▸ WHAT THE TASK REQUIRES
Scan the entries below and extract each line with the word "bytes" in it.

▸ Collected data
= = = = =

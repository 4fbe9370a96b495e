//! Which ends of a log a crash can have torn.

use crate::fields::Fields;
use crate::scan::first_frame;
use op::{OpFault, decode_frame};
use std::alloc::{AllocError, Global};

/// How many bytes a group has at most, and so any frame but a recovery's.
const LONGEST: u32 = 67_673_093;

/// The tag of a recovery, which has all operations of an index.
const RECOVERY: u8 = 3;

/// The greatest tag of a frame that has records.
const MOST_TAG: u8 = 4;

/// Whether a crash can have left these bytes behind the whole frames of a log: the front of one frame. Where more is there the length in front is damaged.
pub(crate) fn can_be_torn(alloc: Global, rest: &[u8]) -> Result<bool, AllocError> {
    if !is_front(rest) {
        return Ok(false);
    }
    let has_record = match rest.get(4..) {
        Some(content) => is_record(alloc, content)?,
        None => false,
    };
    Ok(!has_record && !has_frame_within(alloc, rest)?)
}

/// Whether a frame of records can begin so, whose end isn't there.
fn is_front(rest: &[u8]) -> bool {
    let mut fields = Fields::of(rest);
    let Some(length) = fields.word() else {
        return true;
    };
    match fields.byte() {
        Some(RECOVERY) => true,
        Some(tag) => tag >= 1 && tag <= MOST_TAG && length <= LONGEST,
        None => length > 0,
    }
}

/// Whether a whole frame of records stands behind the first byte of these.
fn has_frame_within(alloc: Global, rest: &[u8]) -> Result<bool, AllocError> {
    for at in 1..rest.len() {
        if let Some(content) = content_at(rest, at) {
            if is_record(alloc, content)? {
                return Ok(true);
            }
        }
    }
    Ok(false)
}

/// The content of a frame at a place, where one can stand there.
pub(crate) fn content_at(bytes: &[u8], at: usize) -> Option<&[u8]> {
    let tag = *bytes.get(at.saturating_add(4))?;
    if tag < 1 || tag > MOST_TAG {
        return None;
    }
    let (content, _) = first_frame(bytes.get(at..)?)?;
    Some(content)
}

/// Whether a content is that of a record, or of a group of records.
pub(crate) fn is_record(alloc: Global, content: &[u8]) -> Result<bool, AllocError> {
    match decode_frame(alloc, content) {
        Ok(records) => {
            drop(records);
            Ok(true)
        }
        Err(OpFault::NoMemory) => Err(AllocError),
        Err(_) => Ok(false),
    }
}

= = = = =

▸ ANSWER BOX
/// How many bytes a group has at most, and so any frame but a recovery's.
/// Whether a crash can have left these bytes behind the whole frames of a log: the front of one frame. Where more is there the length in front is damaged.
pub(crate) fn content_at(bytes: &[u8], at: usize) -> Option<&[u8]> {
    let tag = *bytes.get(at.saturating_add(4))?;
    let (content, _) = first_frame(bytes.get(at..)?)?;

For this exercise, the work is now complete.